Swiss financial institution UBS has raised the likelihood of a U.S. recession.
UBS Global Wealth Management revised its probability of a U.S. recession from 20% to 25%, citing weaker job growth and July unemployment rate data.
The firm noted that although the economy has managed a soft landing thanks to steady consumer spending, the future economic outlook remains uncertain.
Earlier this month, JPMorgan increased its forecast for a U.S. recession to 35% by the end of the year, pointing to easing labor market pressure.
Last week, the U.S. Department of Labor revised its total payroll employment estimate down by 818,000 jobs for the period from April 2023 to March 2024. This indicates that U.S. employers added significantly fewer jobs than initially reported through March.

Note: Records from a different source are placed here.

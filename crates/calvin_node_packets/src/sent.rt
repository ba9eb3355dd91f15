//! What packets say, as they lie in an outbox.
ghost use Rattle.std.specs.Prelude.{◌≡◌, false, IfOk, IsOk, IsOkUnless};
ghost use Rattle.calvin_node_packets.specs.Packets.{tells_batch};
ghost use Rattle.calvin_node_packets.specs.Sendings.{content_of};

use crate::packet::Content;
use calvin_app::{Answer, View};
use calvin_synod::Message;
use calvin_types::{Batch, Fault, Place, RequestId, Sets, Slot};

/// What a packet in an outbox says: the same as a `Content`, whose batch is looked at where it lies.
#[derive(Drop)]
pub enum Sent<'a, Args, Row, Reply> {
    /// A message of the synods of the sender's group.
    Synod(&'a Message<Batch<Args>>),
    /// The batch of a slot is decided.
    Decided(Slot, &'a Batch<Args>),
    /// Asks for the batch of a slot.
    AskBatch(Slot),
    /// The rows that the sender's partition read for the request at a place.
    Reads(Place, View<Row>),
    /// Asks for the rows that were read for the request at a place.
    AskReads(Place),
    /// The rows of these keys are wanted in memory soon.
    Warm(Sets),
    /// What the client's request came to: the place at which it was run, its name, its attempt, and the answer.
    Replies(Place, RequestId, u8, Answer<Reply>),
}

impl<'a, Args: Copy, Row: Copy, Reply: Copy> Sent<'a, Args, Row, Reply> {
    /// A copy, whose batch, if it has one, shares the memory. Refused with `OutOfMemory` where the batch can have no more
    /// owners.
    pub fn copy(&self) -> Result<Content<Args, Row, Reply>, Fault>
        ensures ok { IfOk result (λ c. c ≡ content_of self.now) }
        ensures only { IsOkUnless result Fault.OutOfMemory }
        ensures succeeds { tells_batch (content_of self.now) ≡ false → IsOk result }
    {
        Ok(match self {
            Sent::Synod(message) => Content::Synod(message.copy()?),
            Sent::Decided(slot, batch) => Content::Decided(*slot, batch.copy()?),
            Sent::AskBatch(slot) => Content::AskBatch(*slot),
            Sent::Reads(place, rows) => Content::Reads(*place, *rows),
            Sent::AskReads(place) => Content::AskReads(*place),
            Sent::Warm(sets) => Content::Warm(*sets),
            Sent::Replies(place, id, attempt, answer) => {
                Content::Replies(*place, *id, *attempt, *answer)
            }
        })
    }
}
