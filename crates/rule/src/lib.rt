// Nothing runs here: specs/ has the rule of coding and proofs/ its laws, which the crates above cite.
#![tactic(auto)]
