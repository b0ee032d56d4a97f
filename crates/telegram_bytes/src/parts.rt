// A data telegram, written part by part, its function code by a byte. Promise, among private functions: `Fitted` in specs/Leaves.antt, of
// `coded_bytes`.
ghost use Rattle.std.specs.Prelude.{◌≡◌, ◌+◌, ◌≤◌, [], ◌∷◌, length};
ghost use Rattle.codes.specs.Delimiters.{SD2};
ghost use Rattle.telegram.specs.Picture.{sap_bytes, start_bytes};
ghost use Rattle.telegram_bytes.specs.Leaves.{Fitted, Writable};
ghost use Rattle.telegram_bytes.specs.Serialized.{coded_length, coded_bytes};

use crate::coded::CodedHeader;
use crate::put::Place;
use codes::consts::{SD1, SD2, SD3};
use ground::Sap;

fn sap_length(sap: Option<Sap>) -> usize
    ensures { (result ≡ length (sap_bytes sap)) × (result ≤ 1) }
{
    match sap {
        Some(_) => 1,
        None => 0,
    }
}

#[tactic(auto, using(crate::proofs::LengthLaws::coded_length_is))]
pub(crate) fn length_byte(header: CodedHeader, pdu: &[u8]) -> usize
    ensures { result ≡ coded_length header pdu.now }
{
    pdu.len() + sap_length(header.dsap) + sap_length(header.ssap) + 3
}

// A start of one byte, where so many bytes have room.
fn put_delimiter(buf: &mut [u8], room: usize, delimiter: u8) -> Option<usize>
    requires { 1 ≤ room }
    ensures { Fitted buf.old room (delimiter ∷ []) result buf.new }
{
    if buf.len() < room {
        return None;
    }
    buf[0] = delimiter;
    Some(1)
}

// The start of a telegram with any other length byte.
fn put_lengths(buf: &mut [u8], l: u8) -> Option<usize>
    ensures { Fitted buf.old (l + 6) (SD2 ∷ l ∷ l ∷ SD2 ∷ []) result buf.new }
{
    if buf.len() < l as usize + 6 {
        return None;
    }
    buf[0] = SD2;
    buf[1] = l;
    buf[2] = l;
    buf[3] = SD2;
    Some(4)
}

// The start of a telegram with length byte l, and how long it is, where the whole telegram has room. Else nothing is written. The room is
// tested beside the form of the start on which it depends, so that the form is decided once.
#[tactic(auto, using(crate::proofs::LengthLaws::start_else, crate::proofs::LengthLaws::start_3, crate::proofs::LengthLaws::start_11))]
fn put_start(buf: &mut [u8], l: usize) -> Option<usize>
    requires { l ≤ 249 }
    ensures { Fitted buf.old (length (start_bytes l) + l + 2) (start_bytes l) result buf.new }
{
    match l {
        // no content: neither SAPs nor a PDU
        3 => put_delimiter(buf, 6, SD1),
        // exactly 8 bytes of content
        11 => put_delimiter(buf, 14, SD3),
        _ => put_lengths(buf, l as u8),
    }
}

// Writes a data telegram with length byte l at the buffer's front, and gives its length. Where it has no room nothing is written.
#[tactic(auto, using(crate::proofs::LengthLaws::coded_length_split, crate::proofs::LengthLaws::coded_bytes_length))]
pub(crate) fn put_telegram(
    header: CodedHeader,
    pdu: &[u8],
    l: usize,
    buf: &mut [u8],
) -> Option<usize>
    requires { Writable header pdu.now l }
    ensures { Fitted buf.old (length (coded_bytes header pdu.now))
        (coded_bytes header pdu.now) result buf.new }
{
    let at = put_start(buf, l)?;
    let after_pdu = Place { at, sum: 0 }.put_head(buf, header).put_pdu(buf, pdu);
    Some(after_pdu.put_end(buf))
}
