// The leaves that write into the buffer: methods of the place that each writes at, which give the next. Promise, among private functions: `Covers` in
// specs/Leaves.antt.
ghost use Rattle.std.specs.Prelude.{◌≡◌, ◌+◌, ◌%◌, ◌≤◌, [], ◌∷◌, length};
ghost use Rattle.codes.specs.Checksums.{sum_of};
ghost use Rattle.codes.specs.Delimiters.{ED};
ghost use Rattle.telegram.specs.Picture.{address_byte, sap_bytes};
ghost use Rattle.telegram_bytes.specs.Leaves.{Stored, Covers};
ghost use Rattle.telegram_bytes.specs.Serialized.{coded_head};

use crate::coded::CodedHeader;
use codes::consts::ED;
use ground::{Address, Sap};

// The next place to write at, and the wrapping sum of what was written from da on.
#[derive(Clone, Copy)]
pub struct Place {
    pub at: usize,
    pub sum: u8,
}

impl Place {
    #[tactic(auto, using(crate::proofs::LeafLaws::byte_summed))]
    fn put_byte(self, buf: &mut [u8], b: u8) -> Place
        requires { self.at + 1 ≤ length buf.old }
        ensures { Covers buf.old self (b ∷ []) result buf.new }
    {
        buf[self.at] = b;
        Place {
            at: self.at + 1,
            sum: self.sum.wrapping_add(b),
        }
    }

    // An address, whose top bit announces its SAP.
    fn put_address(self, buf: &mut [u8], address: Address, sap: Option<Sap>) -> Place
        requires { (address.0 ≤ 127) × (self.at + 1 ≤ length buf.old) }
        ensures { Covers buf.old self (address_byte address.0 sap ∷ []) result buf.new }
    {
        match sap {
            Some(_) => self.put_byte(buf, address.0 + 128),
            None => self.put_byte(buf, address.0),
        }
    }

    #[tactic(auto, using(crate::proofs::LeafLaws::nothing_summed))]
    fn put_sap(self, buf: &mut [u8], sap: Option<Sap>) -> Place
        requires { self.at + length (sap_bytes sap) ≤ length buf.old }
        ensures { Covers buf.old self (sap_bytes sap) result buf.new }
    {
        match sap {
            Some(number) => self.put_byte(buf, number.0),
            None => self,
        }
    }

    // da, sa and fc, then the SAPs.
    #[tactic(auto, using(crate::proofs::LengthLaws::head_length))]
    pub(crate) fn put_head(self, buf: &mut [u8], header: CodedHeader) -> Place
        requires { (header.da.0 ≤ 127) × (header.sa.0 ≤ 127) × (self.at + length (coded_head header) ≤ length buf.old) }
        ensures { Covers buf.old self (coded_head header) result buf.new }
    {
        self.put_address(buf, header.da, header.dsap)
            .put_address(buf, header.sa, header.ssap)
            .put_byte(buf, header.code)
            .put_sap(buf, header.dsap)
            .put_sap(buf, header.ssap)
    }

    // The part of the buffer behind the header is lent to the copying leaf.
    #[tactic(auto, using(crate::proofs::LeafLaws::part_stored))]
    pub(crate) fn put_pdu(self, buf: &mut [u8], pdu: &[u8]) -> Place
        requires { self.at + length pdu.now ≤ length buf.old }
        ensures { Covers buf.old self pdu.now result buf.new }
    {
        let end = self.at + pdu.len();
        let sum = copy_sum(pdu, self.sum, &mut buf[self.at..end]);
        Place { at: end, sum }
    }

    // The checksum and the end delimiter. Gives the place behind them.
    pub(crate) fn put_end(self, buf: &mut [u8]) -> usize
        requires { self.at + 2 ≤ length buf.old }
        ensures { Stored buf.old self.at (self.sum ∷ ED ∷ []) result buf.new }
    {
        buf[self.at] = self.sum;
        buf[self.at + 1] = ED;
        self.at + 2
    }
}

// Copies and sums in one loop: the bytes just written are not read again for the checksum. (`copy_from_slice` beside `checksum`, tried, takes
// 10 to 20 instructions more and a call of C's memcpy.)
#[tactic(auto, using(crate::proofs::LeafLaws::copy_starts, crate::proofs::LeafLaws::copy_goes_on, crate::proofs::LeafLaws::copy_ends, codes::proofs::ChecksumLaws::sum_starts, codes::proofs::ChecksumLaws::sum_goes_on, codes::proofs::ChecksumLaws::sum_ends))]
fn copy_sum(src: &[u8], sum: u8, dst: &mut [u8]) -> u8
    requires { length src.now ≡ length dst.old }
    ensures { (result ≡ (sum + sum_of src.now) % 256) × (dst.new ≡ src.now) }
{
    let mut total = sum;
    for (i, &b) in src.iter().enumerate() {
        dst[i] = b;
        total = total.wrapping_add(b);
    }
    total
}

The increased recession risk is due to a sharp slowdown in employment growth and the U.S. unemployment rate rising to 4.3% in July, the highest level in three years. This has sparked concerns that the labor market is deteriorating and the economy may become more vulnerable to a recession.
Meanwhile, expectations for a rate cut have increased after Federal Reserve Chair Jerome Powell indicated in his Jackson Hole speech last Friday that “the time to lower rates has come.” The market anticipates a potential rate cut of up to 50 basis points in the Federal Reserve’s September meeting.
UBS Senior Economist Brian Rose commented that sustained income growth will be essential for maintaining spending as the excess savings accumulated during the pandemic are being depleted. He added that maintaining a steady savings rate may be the best outcome to hope for.